So as a technology director, I am thinking about professional development and what is the best type of professional development for my staff. I believe that very specific professional development is better than general professional development. For example, I would prefer our 4th grade teachers to attend training specific to the task of technology teaching the 4th grade instead of a general non-specific training.

David Warlick is a guy I pay attention to. I don't quite agree with everything he says, but attending his session cultivating a personal learning network really helped to reinforce my thinking about good professional development. He spoke mostly about how hyperconnectedness makes learning easier (you cant help but learn when you are connected to people - I like that) - I add this to my list of "things that are actually different with technology". Teachers can connect and learn from a community of people in ways previously unimaginable. The Personal Learning Network isn't about people who are close to you geographically, but of a common mind (or common question).

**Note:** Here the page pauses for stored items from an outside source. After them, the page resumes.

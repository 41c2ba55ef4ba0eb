ghost use Rattle.std.specs.Prelude.{◌≡◌, IfOk, IsTrue, length};
ghost use Rattle.ifdb_label.specs.Tags.{AreMade};
ghost use Rattle.ifdb_row.specs.Writes.{is_fitting};
ghost use Rattle.ifdb_store.specs.Later.{are_commits_made, are_writes_made};

use ifdb_commit::{Judged, verdict};
use ifdb_label::{Label, Tag, TagFault, TagKind, Tags};
use ifdb_row::{Key, OutOfMemory, Refs, Row, Slot, Values, Write, Writes};
use ifdb_store::Store;
use ifdb_value::{Shared, TableId, Value};
use std::alloc::Global;
use std::test::Fail;

/// The empty label, or the one of the only tag.
#[derive(Clone, Copy)]
enum At {
    Low,
    High,
}

/// What a slot holds: a row, a row that is bound to the one of a key at the empty label, or nothing.
#[derive(Clone, Copy)]
enum Holds {
    Plain,
    Child(i64),
    Nothing,
}

use At::{High, Low};
use Holds::{Child, Nothing, Plain};

/// What a write puts under a key at a label.
#[derive(Clone, Copy)]
struct Put(i64, At, Holds);

/// A commit of one write, with its stamp.
#[derive(Clone, Copy)]
struct Entry(u64, Put);

/// How a COMMIT comes out, by the keys of what shows it.
#[derive(Clone, Copy, Debug, PartialEq, Eq)]
enum Came {
    Go,
    CommitLabel(i64),
    Conflict(i64, u64),
    BrokenReference(i64),
    StillReferenced(i64, i64),
}

/// A row and its child, two other rows, and one of them written again.
static LOG: [Entry; 5] = [
    Entry(1, Put(1, Low, Plain)),
    Entry(2, Put(2, Low, Child(1))),
    Entry(3, Put(3, Low, Plain)),
    Entry(4, Put(6, High, Plain)),
    Entry(5, Put(6, High, Plain)),
];

/// The BEGIN, the label at COMMIT, two writes, and how the COMMIT comes out.
struct Case(u64, At, Put, Put, Came);

static CASES: [Case; 12] = [
    Case(5, Low, Put(4, Low, Plain), Put(8, Low, Plain), Came::Go),
    Case(5, Low, Put(4, Low, Plain), Put(8, High, Plain), Came::Go),
    Case(
        5,
        High,
        Put(4, High, Plain),
        Put(8, Low, Plain),
        Came::CommitLabel(8),
    ),
    Case(
        5,
        Low,
        Put(4, Low, Plain),
        Put(1, Low, Nothing),
        Came::StillReferenced(2, 1),
    ),
    Case(5, Low, Put(2, Low, Nothing), Put(1, Low, Nothing), Came::Go),
    Case(5, Low, Put(2, Low, Plain), Put(1, Low, Nothing), Came::Go),
    Case(
        5,
        Low,
        Put(4, Low, Child(1)),
        Put(5, Low, Child(9)),
        Came::BrokenReference(5),
    ),
    Case(5, Low, Put(4, Low, Child(5)), Put(5, Low, Plain), Came::Go),
    Case(
        2,
        Low,
        Put(3, Low, Plain),
        Put(4, Low, Plain),
        Came::Conflict(3, 3),
    ),
    Case(
        2,
        Low,
        Put(3, High, Plain),
        Put(4, Low, Plain),
        Came::Conflict(3, 3),
    ),
    Case(3, Low, Put(6, Low, Plain), Put(4, Low, Plain), Came::Go),
    Case(
        3,
        Low,
        Put(6, High, Plain),
        Put(5, Low, Child(9)),
        Came::Conflict(6, 5),
    ),
];

#[test]
fn each_case_in_its_order(rt: HostRuntime) -> Result<(), Fail> {
    let tags = one_tag(rt.alloc())?;
    let store = store_of(rt.alloc(), &tags)?;
    for case in &CASES {
        let Case(begin, at, first, second, want) = case;
        let writes = writes_of(rt.alloc(), &tags, *first, *second)?;
        let label = label_of(rt.alloc(), &tags, *at)?;
        let came = came_of(&verdict(&store, &tags, *begin, &writes, &label));
        assert_eq!(rt; came, *want, "since {begin}");
    }
    Ok(())
}

#[test]
fn no_writes_go(rt: HostRuntime) -> Result<(), Fail> {
    let tags = one_tag(rt.alloc())?;
    let store = store_of(rt.alloc(), &tags)?;
    let label = label_of(rt.alloc(), &tags, High)?;
    let came = came_of(&verdict(&store, &tags, 0, &Writes::new(rt.alloc()), &label));
    assert_eq!(rt; came, Came::Go);
    Ok(())
}

/// One plain tag.
fn one_tag(alloc: Global) -> Result<Tags, TagFault>
    ensures { IfOk result (λ tags. length tags ≡ 1) }
{
    let mut tags = Tags::new(alloc);
    tags.add(TagKind::Plain, &[])?;
    Ok(tags)
}

/// The store after the log.
fn store_of(alloc: Global, tags: &Tags) -> Result<Store, OutOfMemory>
    requires { length tags.now ≡ 1 }
    ensures { IfOk result (λ store. IsTrue (are_commits_made (length tags.now) store.commits)) }
{
    let mut store = Store::new(alloc)?;
    for entry in &LOG {
        let Entry(stamp, put) = entry;
        let mut writes = Writes::new(alloc);
        writes.put(write_of(alloc, tags, *put)?)?;
        let Ok(()) = store.commit(*stamp, writes) else {
            return Err(OutOfMemory);
        };
    }
    Ok(store)
}

/// Two writes.
#[tactic(auto, using(ifdb_row::proofs::LiveLaws::put_all))]
fn writes_of(alloc: Global, tags: &Tags, first: Put, second: Put) -> Result<Writes, OutOfMemory>
    requires { length tags.now ≡ 1 }
    ensures { IfOk result (λ writes. IsTrue (are_writes_made (length tags.now) writes)) }
{
    let mut writes = Writes::new(alloc);
    writes.put(write_of(alloc, tags, first)?)?;
    writes.put(write_of(alloc, tags, second)?)?;
    Ok(writes)
}

/// A write.
#[tactic(auto, using(ifdb_row::proofs::SlotOrder::slot_itself))]
fn write_of(alloc: Global, tags: &Tags, put: Put) -> Result<Write, OutOfMemory>
    requires { length tags.now ≡ 1 }
    ensures fitting { IfOk result (λ write. IsTrue (is_fitting write.slot write.row)) }
    ensures made { IfOk result (λ write. AreMade (length tags.now) write.slot.label) }
{
    let Put(key, at, holds) = put;
    let slot = slot_of(alloc, tags, key, at)?;
    let refs = match holds {
        Nothing => return Ok(Write { slot, row: None }),
        Plain => Refs::new(),
        Child(parent) => Refs::from_vec(
            alloc,
            Vec::from_array(alloc, [slot_of(alloc, tags, parent, Low)?])?,
        )?,
    };
    let row = Shared::new(
        alloc,
        Row {
            slot: slot.copy(alloc)?,
            values: Values::single(alloc, Value::Int(key))?,
            refs,
        },
    )?;
    Ok(Write {
        slot,
        row: Some(row),
    })
}

/// The slot of a key at a label.
fn slot_of(alloc: Global, tags: &Tags, key: i64, at: At) -> Result<Slot, OutOfMemory>
    requires { length tags.now ≡ 1 }
    ensures { IfOk result (λ slot. AreMade (length tags.now) slot.label) }
{
    Ok(Slot {
        table: TableId(0),
        key: Key::single(alloc, Value::Int(key))?,
        label: label_of(alloc, tags, at)?,
    })
}

/// A label.
fn label_of(alloc: Global, tags: &Tags, at: At) -> Result<Label, OutOfMemory>
    requires { length tags.now ≡ 1 }
    ensures { IfOk result (λ label. AreMade (length tags.now) label) }
{
    match at {
        Low => Label::reduce(alloc, tags, &[]),
        High => Label::reduce(alloc, tags, &[Tag(0)]),
    }
}

/// How a COMMIT came out.
fn came_of(judged: &Judged<'_>) -> Came {
    match judged {
        Judged::Go => Came::Go,
        Judged::CommitLabel(slot) => Came::CommitLabel(key_of(slot.key.items())),
        Judged::Conflict(later) => Came::Conflict(key_of(later.slot.key.items()), later.stamp),
        Judged::BrokenReference(slot) => Came::BrokenReference(key_of(slot.key.items())),
        Judged::StillReferenced(left) => Came::StillReferenced(
            key_of(left.child.key),
            key_of(left.parent.key.items()),
        ),
    }
}

/// The number that is a key.
fn key_of(key: &[Value]) -> i64 {
    match key {
        [Value::Int(number)] => *number,
        _ => 0,
    }
}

The point? A personal learning network makes a lot of sense to me. Any time spent working on the facilitation of a personal learning network is time well spent.

Presentation: the SAMR model of integration

Posted in Educational Tech Design on 26 - March 2011 at 09:12 AM (13 years ago) 199 views.

Here’s the SAMR presentation notes. PDF here.

Moving from a drop-off model to an integrated model

Posted in Educational Tech Design on 16 - March 2011 at 04:30 AM (13 years ago) 198 views.

The question popped up on a moodle forum about moving from a lab environment to a more integrated environment.

Right now, and for several years, we've had a weekly schedule where teachers bring their classes to the lab and work with an ICT Teacher. (The teacher stays for the lesson; it's not a send-them-away special class like Music or Physical Education.)

The “drop-off” model plagues many school tech integration efforts. If your teachers are already involved and invested in integrating, the transition will be less disruptive.

I see you say, “stays for the lesson” - is that “stays in the back with coffee chatting / checking email” or “stays walking around the room looking / commenting on content”? The distinction is important.

Another key question to ask is who is “responsible” for the lesson. Is there collaborative planning, developing the assessment, sharing responsibility for teaching necessary skills during the project in addition to monitoring students during lab time? If your ICT teacher consistently finds ways to involve the teachers in taking the lead on the lessons, the transition to teachers working with students independently (either in the lab or classroom) will happen naturally, or maybe with a little nudge.

But essentially the lab is fully booked with those scheduled classes, so there's not a lot of wiggle room for extra time in the lab or extra time with an ICT teacher.

Ask 5 random teachers: why do we want to change this? If they can’t answer the “why”, then you’ve got a vision problem. Although you can’t make 100% people happy 100% of the time, this change will ripple into teachers classrooms. Observe good change management.

We're looking at changing that and making it more of a flexible sign-up approach, so that during units where more technology integration is appropriate, classes could book more time with the ICT teachers.

This makes sense. At ASW we use google-shared calendar to manage lab time. The Tech Integrator also shares out her calendar so folks can schedule a project in the lab (or classroom with netbooks) when she is free if needed. Many teachers just sign up for the lab (we use our lab for the higher end projects not feasible on our classroom netbooks).

Also, we'd like to free up the ICT teacher's time a bit more so that they could push into the classroom more often, and not always be in the lab. At the same time, we don't want to lose the contact time with each class.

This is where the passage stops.